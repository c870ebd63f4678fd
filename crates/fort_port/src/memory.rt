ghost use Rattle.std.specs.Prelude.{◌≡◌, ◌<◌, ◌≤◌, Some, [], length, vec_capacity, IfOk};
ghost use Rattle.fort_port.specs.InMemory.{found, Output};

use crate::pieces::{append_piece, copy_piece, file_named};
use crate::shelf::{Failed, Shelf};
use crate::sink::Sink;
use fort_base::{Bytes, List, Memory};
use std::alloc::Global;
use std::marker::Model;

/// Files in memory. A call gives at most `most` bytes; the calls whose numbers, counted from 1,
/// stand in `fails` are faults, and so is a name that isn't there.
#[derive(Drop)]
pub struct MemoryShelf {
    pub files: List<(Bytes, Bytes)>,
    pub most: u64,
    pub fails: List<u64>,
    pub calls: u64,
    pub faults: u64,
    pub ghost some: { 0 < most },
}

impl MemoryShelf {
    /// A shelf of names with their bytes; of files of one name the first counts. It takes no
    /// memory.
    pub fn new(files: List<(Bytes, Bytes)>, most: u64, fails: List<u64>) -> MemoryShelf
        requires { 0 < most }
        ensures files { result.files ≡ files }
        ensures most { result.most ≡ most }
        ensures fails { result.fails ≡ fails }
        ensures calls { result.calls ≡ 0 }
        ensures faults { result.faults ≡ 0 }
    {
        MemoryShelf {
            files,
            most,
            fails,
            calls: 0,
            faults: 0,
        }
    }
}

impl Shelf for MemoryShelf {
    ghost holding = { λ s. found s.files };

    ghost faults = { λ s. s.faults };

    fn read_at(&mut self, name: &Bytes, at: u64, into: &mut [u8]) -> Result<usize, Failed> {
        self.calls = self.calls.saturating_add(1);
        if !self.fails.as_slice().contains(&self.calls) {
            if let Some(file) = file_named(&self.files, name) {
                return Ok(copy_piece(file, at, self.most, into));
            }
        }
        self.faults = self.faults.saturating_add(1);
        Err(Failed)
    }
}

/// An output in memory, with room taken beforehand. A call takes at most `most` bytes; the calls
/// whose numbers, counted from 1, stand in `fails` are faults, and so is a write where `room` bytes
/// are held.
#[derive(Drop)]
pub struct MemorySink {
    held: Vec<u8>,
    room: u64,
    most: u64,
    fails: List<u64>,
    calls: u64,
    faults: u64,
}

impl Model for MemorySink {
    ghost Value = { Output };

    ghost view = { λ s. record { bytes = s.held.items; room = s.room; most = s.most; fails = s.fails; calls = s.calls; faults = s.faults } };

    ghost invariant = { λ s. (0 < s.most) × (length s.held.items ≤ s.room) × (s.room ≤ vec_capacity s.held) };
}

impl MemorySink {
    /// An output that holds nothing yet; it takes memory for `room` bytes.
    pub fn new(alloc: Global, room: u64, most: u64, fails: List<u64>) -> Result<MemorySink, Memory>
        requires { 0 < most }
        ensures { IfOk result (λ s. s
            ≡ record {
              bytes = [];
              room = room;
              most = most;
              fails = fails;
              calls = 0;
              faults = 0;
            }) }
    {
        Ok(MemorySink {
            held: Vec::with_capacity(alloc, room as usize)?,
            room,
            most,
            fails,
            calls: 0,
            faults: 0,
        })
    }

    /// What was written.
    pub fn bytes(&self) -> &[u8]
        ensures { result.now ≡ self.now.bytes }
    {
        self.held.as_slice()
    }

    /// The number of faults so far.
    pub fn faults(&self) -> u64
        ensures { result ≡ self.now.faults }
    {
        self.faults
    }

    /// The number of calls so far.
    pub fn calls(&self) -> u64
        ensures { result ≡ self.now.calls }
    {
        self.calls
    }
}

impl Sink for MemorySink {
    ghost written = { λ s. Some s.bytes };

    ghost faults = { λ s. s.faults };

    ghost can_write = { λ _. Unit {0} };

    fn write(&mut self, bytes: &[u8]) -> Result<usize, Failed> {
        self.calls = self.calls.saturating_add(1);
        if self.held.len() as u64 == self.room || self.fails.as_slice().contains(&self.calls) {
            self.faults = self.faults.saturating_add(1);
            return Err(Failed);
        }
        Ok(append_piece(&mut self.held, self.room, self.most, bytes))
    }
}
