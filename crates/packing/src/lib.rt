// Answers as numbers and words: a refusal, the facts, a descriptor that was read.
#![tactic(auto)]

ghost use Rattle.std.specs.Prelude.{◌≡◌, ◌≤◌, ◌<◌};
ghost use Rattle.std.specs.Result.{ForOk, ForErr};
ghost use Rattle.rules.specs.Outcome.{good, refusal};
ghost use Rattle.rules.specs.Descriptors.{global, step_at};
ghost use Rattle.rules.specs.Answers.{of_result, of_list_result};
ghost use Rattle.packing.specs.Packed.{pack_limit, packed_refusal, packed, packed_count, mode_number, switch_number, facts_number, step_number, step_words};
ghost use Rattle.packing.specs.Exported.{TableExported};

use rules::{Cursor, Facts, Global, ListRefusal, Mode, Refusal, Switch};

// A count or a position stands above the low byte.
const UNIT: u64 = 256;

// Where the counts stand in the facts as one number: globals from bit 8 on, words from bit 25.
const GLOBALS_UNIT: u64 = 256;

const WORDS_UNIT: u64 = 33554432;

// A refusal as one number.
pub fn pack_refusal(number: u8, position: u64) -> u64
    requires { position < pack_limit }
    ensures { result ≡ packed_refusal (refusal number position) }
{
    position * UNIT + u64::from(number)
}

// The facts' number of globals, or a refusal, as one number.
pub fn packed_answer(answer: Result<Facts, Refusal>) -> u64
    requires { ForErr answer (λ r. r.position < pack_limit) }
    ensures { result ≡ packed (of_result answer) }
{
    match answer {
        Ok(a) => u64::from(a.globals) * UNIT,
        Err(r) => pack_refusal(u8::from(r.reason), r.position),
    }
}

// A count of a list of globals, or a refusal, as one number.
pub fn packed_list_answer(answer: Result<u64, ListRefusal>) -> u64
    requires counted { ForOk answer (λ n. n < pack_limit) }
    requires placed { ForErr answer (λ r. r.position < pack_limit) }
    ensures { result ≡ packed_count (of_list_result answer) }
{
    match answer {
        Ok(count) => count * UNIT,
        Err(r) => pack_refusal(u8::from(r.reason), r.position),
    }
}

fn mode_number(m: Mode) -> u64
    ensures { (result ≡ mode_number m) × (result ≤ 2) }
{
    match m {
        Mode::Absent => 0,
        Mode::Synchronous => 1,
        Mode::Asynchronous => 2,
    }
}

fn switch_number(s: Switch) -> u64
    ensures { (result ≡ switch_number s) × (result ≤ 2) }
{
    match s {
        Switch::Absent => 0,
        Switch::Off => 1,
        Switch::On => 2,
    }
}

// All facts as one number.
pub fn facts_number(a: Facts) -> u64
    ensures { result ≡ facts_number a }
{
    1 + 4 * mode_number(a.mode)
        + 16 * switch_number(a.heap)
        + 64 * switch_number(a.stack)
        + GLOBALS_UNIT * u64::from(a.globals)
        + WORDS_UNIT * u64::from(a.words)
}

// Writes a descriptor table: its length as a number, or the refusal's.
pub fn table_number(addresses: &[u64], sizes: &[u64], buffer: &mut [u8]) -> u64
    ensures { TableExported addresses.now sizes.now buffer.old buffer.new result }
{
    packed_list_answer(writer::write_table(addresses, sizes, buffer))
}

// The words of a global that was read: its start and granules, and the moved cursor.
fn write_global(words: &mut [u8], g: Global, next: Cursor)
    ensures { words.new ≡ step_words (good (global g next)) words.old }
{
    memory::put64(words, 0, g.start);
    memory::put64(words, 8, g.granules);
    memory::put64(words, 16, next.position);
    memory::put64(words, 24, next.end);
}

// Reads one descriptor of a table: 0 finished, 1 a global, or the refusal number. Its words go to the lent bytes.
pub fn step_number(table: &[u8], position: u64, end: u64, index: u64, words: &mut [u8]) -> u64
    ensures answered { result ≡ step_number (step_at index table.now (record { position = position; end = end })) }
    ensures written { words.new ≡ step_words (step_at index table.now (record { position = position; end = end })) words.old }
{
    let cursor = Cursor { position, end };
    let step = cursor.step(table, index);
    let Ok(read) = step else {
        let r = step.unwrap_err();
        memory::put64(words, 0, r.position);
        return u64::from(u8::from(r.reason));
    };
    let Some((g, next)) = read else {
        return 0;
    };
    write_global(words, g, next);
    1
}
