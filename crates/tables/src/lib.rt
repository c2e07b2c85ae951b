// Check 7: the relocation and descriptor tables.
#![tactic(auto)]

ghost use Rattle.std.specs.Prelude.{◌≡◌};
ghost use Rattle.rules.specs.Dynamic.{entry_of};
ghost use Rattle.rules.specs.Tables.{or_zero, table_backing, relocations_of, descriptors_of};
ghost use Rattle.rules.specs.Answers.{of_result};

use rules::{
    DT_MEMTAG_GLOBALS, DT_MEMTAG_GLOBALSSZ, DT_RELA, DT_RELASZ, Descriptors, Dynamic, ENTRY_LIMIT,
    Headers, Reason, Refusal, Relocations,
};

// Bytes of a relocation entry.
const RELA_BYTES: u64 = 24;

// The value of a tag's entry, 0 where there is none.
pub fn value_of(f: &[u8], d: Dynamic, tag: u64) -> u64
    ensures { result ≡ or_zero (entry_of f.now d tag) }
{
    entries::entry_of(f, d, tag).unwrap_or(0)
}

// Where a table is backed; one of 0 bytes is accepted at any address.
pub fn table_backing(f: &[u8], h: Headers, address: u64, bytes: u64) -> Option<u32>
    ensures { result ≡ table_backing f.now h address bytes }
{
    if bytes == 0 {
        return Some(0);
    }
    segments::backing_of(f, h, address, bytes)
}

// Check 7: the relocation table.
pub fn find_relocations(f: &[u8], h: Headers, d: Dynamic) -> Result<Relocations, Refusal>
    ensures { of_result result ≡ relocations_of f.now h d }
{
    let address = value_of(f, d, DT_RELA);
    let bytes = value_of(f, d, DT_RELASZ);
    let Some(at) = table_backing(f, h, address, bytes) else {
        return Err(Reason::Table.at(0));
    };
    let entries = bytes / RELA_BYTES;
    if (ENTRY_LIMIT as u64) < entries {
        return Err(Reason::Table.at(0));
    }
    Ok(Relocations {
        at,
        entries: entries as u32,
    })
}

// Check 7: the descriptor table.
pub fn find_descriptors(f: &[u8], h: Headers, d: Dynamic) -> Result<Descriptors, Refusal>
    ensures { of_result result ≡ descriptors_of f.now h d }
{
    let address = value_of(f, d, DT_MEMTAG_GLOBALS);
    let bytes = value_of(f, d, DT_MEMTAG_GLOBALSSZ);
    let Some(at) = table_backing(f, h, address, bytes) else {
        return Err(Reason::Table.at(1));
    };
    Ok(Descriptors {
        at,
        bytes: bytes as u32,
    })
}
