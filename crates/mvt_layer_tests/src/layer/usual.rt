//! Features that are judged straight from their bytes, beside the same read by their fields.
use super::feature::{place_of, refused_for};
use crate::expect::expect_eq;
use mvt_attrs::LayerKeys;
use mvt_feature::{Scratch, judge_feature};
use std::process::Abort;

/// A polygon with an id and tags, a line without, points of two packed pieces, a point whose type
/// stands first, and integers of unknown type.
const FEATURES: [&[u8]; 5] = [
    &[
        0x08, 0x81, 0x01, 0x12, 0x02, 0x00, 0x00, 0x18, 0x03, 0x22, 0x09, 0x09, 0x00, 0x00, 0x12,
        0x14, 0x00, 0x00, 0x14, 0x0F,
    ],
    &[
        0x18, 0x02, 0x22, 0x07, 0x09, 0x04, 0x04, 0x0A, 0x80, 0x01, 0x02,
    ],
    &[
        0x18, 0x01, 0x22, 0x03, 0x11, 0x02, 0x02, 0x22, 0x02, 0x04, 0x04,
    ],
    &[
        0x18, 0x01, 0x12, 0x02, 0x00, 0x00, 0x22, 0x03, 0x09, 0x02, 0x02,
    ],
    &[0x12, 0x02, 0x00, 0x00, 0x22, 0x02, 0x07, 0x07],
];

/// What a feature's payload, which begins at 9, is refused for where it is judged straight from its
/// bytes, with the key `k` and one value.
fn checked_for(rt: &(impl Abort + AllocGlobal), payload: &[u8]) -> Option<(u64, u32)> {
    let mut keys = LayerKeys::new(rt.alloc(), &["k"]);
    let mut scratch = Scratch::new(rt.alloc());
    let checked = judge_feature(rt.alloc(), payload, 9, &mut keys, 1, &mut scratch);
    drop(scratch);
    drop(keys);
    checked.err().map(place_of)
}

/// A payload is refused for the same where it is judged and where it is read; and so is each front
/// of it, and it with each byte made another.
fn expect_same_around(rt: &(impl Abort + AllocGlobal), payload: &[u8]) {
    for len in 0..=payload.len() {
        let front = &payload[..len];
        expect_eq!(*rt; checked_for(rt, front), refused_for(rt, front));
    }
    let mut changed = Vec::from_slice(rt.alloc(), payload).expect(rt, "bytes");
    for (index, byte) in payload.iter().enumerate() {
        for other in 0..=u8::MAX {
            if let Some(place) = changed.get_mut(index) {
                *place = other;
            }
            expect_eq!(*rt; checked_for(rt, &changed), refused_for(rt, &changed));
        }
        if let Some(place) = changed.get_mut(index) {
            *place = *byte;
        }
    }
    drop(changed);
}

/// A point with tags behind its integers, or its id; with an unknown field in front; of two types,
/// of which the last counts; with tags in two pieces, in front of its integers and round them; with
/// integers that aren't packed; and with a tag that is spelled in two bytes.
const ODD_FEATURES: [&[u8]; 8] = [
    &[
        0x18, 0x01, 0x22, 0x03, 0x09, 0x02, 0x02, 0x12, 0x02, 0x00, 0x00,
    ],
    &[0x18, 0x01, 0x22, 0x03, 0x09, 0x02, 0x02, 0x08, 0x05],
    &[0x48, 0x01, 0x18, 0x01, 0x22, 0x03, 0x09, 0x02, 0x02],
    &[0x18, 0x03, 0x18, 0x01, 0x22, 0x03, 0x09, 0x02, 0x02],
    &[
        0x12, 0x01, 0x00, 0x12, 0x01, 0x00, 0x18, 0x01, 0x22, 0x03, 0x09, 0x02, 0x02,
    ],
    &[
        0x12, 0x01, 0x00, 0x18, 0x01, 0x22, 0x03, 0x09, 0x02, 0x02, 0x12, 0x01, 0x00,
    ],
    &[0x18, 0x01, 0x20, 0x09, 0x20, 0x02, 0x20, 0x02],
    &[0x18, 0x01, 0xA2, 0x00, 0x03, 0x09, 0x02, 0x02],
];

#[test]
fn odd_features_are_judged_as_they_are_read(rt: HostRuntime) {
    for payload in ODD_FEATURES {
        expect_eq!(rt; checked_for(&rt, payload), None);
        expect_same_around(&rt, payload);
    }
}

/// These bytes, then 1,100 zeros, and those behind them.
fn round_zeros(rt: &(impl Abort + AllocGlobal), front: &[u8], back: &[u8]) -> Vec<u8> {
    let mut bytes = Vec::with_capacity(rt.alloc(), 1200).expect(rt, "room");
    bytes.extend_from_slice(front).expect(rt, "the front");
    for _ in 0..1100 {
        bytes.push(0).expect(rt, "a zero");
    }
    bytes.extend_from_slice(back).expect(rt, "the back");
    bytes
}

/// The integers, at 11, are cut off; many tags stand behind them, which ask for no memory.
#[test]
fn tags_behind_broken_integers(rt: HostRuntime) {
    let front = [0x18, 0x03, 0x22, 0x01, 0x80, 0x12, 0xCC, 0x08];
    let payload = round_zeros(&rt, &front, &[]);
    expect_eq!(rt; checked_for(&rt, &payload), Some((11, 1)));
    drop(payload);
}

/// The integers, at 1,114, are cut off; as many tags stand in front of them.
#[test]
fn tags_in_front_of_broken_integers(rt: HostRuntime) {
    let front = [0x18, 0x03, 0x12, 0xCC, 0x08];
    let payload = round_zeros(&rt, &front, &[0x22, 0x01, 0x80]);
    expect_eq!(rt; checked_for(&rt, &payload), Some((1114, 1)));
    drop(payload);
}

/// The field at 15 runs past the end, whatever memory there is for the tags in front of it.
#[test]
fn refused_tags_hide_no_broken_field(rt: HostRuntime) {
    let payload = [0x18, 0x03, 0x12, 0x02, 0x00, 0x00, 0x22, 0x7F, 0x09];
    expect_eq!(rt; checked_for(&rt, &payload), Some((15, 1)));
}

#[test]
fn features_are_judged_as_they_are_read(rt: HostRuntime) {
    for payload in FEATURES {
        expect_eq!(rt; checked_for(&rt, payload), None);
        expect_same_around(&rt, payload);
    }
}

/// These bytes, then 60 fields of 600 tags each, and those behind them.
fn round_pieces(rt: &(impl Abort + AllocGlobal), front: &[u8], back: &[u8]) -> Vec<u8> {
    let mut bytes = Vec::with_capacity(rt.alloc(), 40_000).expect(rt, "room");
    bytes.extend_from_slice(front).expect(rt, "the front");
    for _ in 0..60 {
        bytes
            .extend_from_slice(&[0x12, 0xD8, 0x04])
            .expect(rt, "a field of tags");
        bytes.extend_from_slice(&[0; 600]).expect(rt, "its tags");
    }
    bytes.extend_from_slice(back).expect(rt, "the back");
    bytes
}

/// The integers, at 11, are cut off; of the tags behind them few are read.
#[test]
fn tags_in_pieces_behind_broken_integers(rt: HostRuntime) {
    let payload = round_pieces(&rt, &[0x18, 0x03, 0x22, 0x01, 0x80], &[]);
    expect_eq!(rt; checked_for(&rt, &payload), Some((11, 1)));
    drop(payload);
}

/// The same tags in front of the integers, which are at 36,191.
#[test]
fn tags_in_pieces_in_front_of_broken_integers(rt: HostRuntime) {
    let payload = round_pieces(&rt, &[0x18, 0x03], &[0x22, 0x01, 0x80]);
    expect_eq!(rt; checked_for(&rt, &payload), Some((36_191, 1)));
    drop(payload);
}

- What you will do:
Search the records for the word "return". Copy each line where it appears.

- Task result:
                return Ok(copy_piece(file, at, self.most, into));
            return Err(Failed);
        return u64::from(u8::from(r.reason));
        return 0;
        return Some(0);
        return Err(Reason::Table.at(0));
        return Err(Reason::Table.at(0));
        return Err(Reason::Table.at(1));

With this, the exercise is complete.